* [Aim of the exercise]
For every line of the material below, check for the string "STALLS" and return the line if it is there.

*-*-*

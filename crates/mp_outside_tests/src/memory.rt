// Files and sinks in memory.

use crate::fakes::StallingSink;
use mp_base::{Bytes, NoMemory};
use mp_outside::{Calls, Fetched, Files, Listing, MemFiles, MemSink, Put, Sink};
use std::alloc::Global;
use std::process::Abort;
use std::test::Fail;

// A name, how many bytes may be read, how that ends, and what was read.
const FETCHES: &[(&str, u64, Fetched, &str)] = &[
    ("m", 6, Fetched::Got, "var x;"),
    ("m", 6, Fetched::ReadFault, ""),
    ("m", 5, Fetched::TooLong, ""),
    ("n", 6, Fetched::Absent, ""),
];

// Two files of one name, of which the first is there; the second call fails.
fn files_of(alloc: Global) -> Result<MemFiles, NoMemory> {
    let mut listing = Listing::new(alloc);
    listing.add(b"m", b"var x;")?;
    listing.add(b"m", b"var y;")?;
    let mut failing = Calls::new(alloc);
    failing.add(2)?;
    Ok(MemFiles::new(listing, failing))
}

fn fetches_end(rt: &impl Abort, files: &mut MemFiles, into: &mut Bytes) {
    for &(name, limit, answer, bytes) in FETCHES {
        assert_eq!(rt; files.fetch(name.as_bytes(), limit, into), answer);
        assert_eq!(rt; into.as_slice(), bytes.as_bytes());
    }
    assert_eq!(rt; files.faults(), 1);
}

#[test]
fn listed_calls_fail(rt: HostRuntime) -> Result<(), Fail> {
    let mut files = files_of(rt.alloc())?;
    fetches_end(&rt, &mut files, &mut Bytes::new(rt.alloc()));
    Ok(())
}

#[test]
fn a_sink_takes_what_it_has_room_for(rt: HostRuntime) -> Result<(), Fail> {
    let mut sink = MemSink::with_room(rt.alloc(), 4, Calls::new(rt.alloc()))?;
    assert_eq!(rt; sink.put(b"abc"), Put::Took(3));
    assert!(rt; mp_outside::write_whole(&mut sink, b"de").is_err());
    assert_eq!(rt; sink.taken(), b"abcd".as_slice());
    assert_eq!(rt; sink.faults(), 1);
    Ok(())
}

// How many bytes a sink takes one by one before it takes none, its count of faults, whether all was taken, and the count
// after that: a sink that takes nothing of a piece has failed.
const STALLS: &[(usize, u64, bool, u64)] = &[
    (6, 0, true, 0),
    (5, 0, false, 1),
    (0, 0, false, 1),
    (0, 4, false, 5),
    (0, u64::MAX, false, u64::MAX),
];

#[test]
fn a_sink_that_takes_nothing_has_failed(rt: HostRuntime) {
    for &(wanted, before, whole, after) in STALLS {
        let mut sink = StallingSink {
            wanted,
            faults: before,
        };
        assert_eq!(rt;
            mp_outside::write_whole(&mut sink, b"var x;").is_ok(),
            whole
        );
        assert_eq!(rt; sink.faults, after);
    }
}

*-*-*

* [Exercise output]
const STALLS: &[(usize, u64, bool, u64)] = &[
    for &(wanted, before, whole, after) in STALLS {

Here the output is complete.